Save This Page
Home » nutch-1.0 » org.apache.nutch » protocol » [javadoc | source]
org.apache.nutch.protocol
public interface: Protocol [javadoc | source]

All Implemented Interfaces:
    org.apache.hadoop.conf.Configurable, Pluggable

All Known Implementing Classes:
    File, HttpBase, Http, Ftp, Http

A retriever of url content. Implemented by protocol extensions.
Field Summary
public static final  String X_POINT_ID    The name of the extension point. 
public static final  String CHECK_BLOCKING    Property name. If in the current configuration this property is set to true, protocol implementations should handle "politeness" limits internally.
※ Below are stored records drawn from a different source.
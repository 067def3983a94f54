//! The recoverer that completes what is begun, over any table all of whose stacks can be completed.
ghost use Rattle.std.specs.Prelude.{◌≡◌, IfErr, IfOk, OnOk};
ghost use Rattle.lrpar_table_pops.specs.Completable.{AreAllCompletable};
ghost use Rattle.lrpar_table_pops.specs.Stuck.{IsFault};
ghost use Rattle.lrpar_parse_lexemes.specs.Views.{token_by};
ghost use Rattle.lrpar_parse_completion.specs.TableAnswer.{IsFinished, IsFinishedBy};

use crate::completion::MOST_TOKENS_TRIED;
use crate::finder::Finder;
use crate::nearest::Search;
use lrpar_grammar::span::StorageIndex;
use lrpar_parse_lexemes::lex_api::Lexeme;
use lrpar_parse_repair::repair::{Recoverer, RecoveryPoint, RepairStep};
use lrpar_table_check::check::ParserData;
use lrpar_table_pops::check_completable::{Incompletable, check_completable};
use lrpar_table_sentences::shortest::Shortest;
use std::alloc::{AllocError, Global};
use std::marker::Model;

/// How many stacks of a table are told apart at most, if nothing else is set.
const MAX_STACKS: usize = 100_000;

/// A recoverer that always repairs, over any table all of whose stacks can be completed: also over one whose conflicts are resolved, whose
/// states are merged, or whose grammar has rules that derive no text, if no run gets stuck there. `check_completable` says whether a table is
/// such.
///
/// At an error point it finds tokens that finish the stack: fed from there, they lead to a stack that accepts. It tries the fewest that the
/// items of the stack's states ask for, each by a minimal sentence, and then those of `Completion`. A resolved conflict can lead both astray:
/// then it searches stacks that are reached by one token, by two, and so on, up to the first from which one of them is right. Then it goes on
/// as `Completion` does: the answer is one sequence, which inserts some first of these tokens, deletes the lexemes before the nearest one at
/// which the parse can go on after that, and of equally near ones has the fewest tokens.
///
/// Over another table than its own it may find nothing; what it finds works.
#[derive(Debug)]
pub struct TableCompletion<'a, StorageT: StorageIndex> {
    checked: &'a ParserData<StorageT>,
    shortest: Shortest<StorageT>,
    most: usize,
}

impl<StorageT: StorageIndex> Drop for TableCompletion<'_, StorageT> {
    fn drop(self) {
        let TableCompletion {
            checked: _,
            shortest,
            most: _,
        } = self;
        drop(shortest);
    }
}

impl<'a, StorageT: StorageIndex> Model for TableCompletion<'a, StorageT> {
    ghost use Rattle.std.below.core.specs.declared.int.usize.TheConstants.{MAX};
    ghost use Rattle.lrpar_parse_completion.specs.Answer.{Completer};
    ghost use Rattle.lrpar_parse_completion.specs.TableAnswer.{IsReadyByTable};

    ghost Value = { Completer };

    ghost view = { λ c. record { checked = c.checked.now; most = c.most } };

    ghost invariant = { λ c. IsReadyByTable MAX c.checked.now c.shortest };
}

impl<'a, StorageT: StorageIndex> TableCompletion<'a, StorageT> {
    /// The recoverer over this table. It tries 8 tokens of a completion at each place before the end of the input.
    ///
    /// Refused as `check_completable` refuses the table, with at most 100,000 stacks to tell apart; that check takes most of the time.
    pub fn new(
        alloc: Global,
        checked: &'a ParserData<StorageT>,
    ) -> Result<Self, Incompletable<StorageT>>
        ensures made { IfOk result (λ c. c ≡ record { checked = checked.now; most = 8 }) }
        ensures completable { OnOk result (AreAllCompletable checked.now.grammar checked.now.table) }
        ensures refused { IfErr result (IsFault StorageT.index checked.now.grammar checked.now.table) }
    {
        TableCompletion::with_max_stacks(alloc, checked, MAX_STACKS)
    }

    /// The recoverer over this table, as `new` makes it, but for the stacks to tell apart: there may be up to `max_stacks`. With fewer, a large
    /// table is refused sooner.
    pub fn with_max_stacks(
        alloc: Global,
        checked: &'a ParserData<StorageT>,
        max_stacks: usize,
    ) -> Result<Self, Incompletable<StorageT>>
        ensures made { IfOk result (λ c. c ≡ record { checked = checked.now; most = 8 }) }
        ensures completable { OnOk result (AreAllCompletable checked.now.grammar checked.now.table) }
        ensures refused { IfErr result (IsFault StorageT.index checked.now.grammar checked.now.table) }
    {
        let _lemma = checked.stable();
        check_completable(alloc, checked, max_stacks)?;
        let shortest = Shortest::new(alloc, checked.grm())?;
        Ok(TableCompletion {
            checked,
            shortest,
            most: MOST_TOKENS_TRIED,
        })
    }

    /// Tries up to this many tokens of a completion at each place, in place of 8. At the end of the input all are tried.
    pub fn most(self, most: usize) -> Self
        ensures { result ≡ record self.entry { most = most } }
    {
        let TableCompletion {
            checked,
            shortest,
            most: _,
        } = self;
        TableCompletion {
            checked,
            shortest,
            most,
        }
    }
}

impl<StorageT: StorageIndex, LexemeT: Lexeme<StorageT>> Recoverer<StorageT, LexemeT>
    for TableCompletion<'_, StorageT> {
    ghost allows = { λ own at answer. IsFinished (token_by StorageT.index LexemeT.parts) own at answer };

    fn recover(
        &self,
        alloc: Global,
        point: &RecoveryPoint<'_, StorageT, LexemeT>,
    ) -> Result<Vec<Vec<RepairStep<StorageT>>>, AllocError>
        ensures allowed { IfOk result (IsFinishedBy StorageT.index LexemeT.parts self.now point.now) }
    {
        if !self.checked.is_stack(point.stack()) {
            return Ok(Vec::new(alloc));
        }
        let finder = Finder {
            checked: self.checked,
            shortest: &self.shortest,
        };
        let tokens = finder.find(alloc, point.stack())?;
        let search = Search {
            point,
            tokens: &tokens,
            most: self.most,
        };
        search.answer(alloc)
    }
}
If this is set to false, it is assumed that these limits are enforced elsewhere, and protocol implementations should not enforce them internally. 
public static final  String CHECK_ROBOTS    Property name. If in the current configuration this property is set to true, protocol implementations should handle robot exclusion rules internally. If this is set to false, it is assumed that these limits are enforced elsewhere, and protocol implementations should not enforce them internally. 
Method from org.apache.nutch.protocol.Protocol Summary:
getProtocolOutput,   getRobotRules
Method from org.apache.nutch.protocol.Protocol Detail:
 public ProtocolOutput getProtocolOutput(Text url,
    CrawlDatum datum)
    Returns the Content for a fetchlist entry.
 public RobotRules getRobotRules(Text url,
    CrawlDatum datum)
    Retrieve robot rules applicable for this url.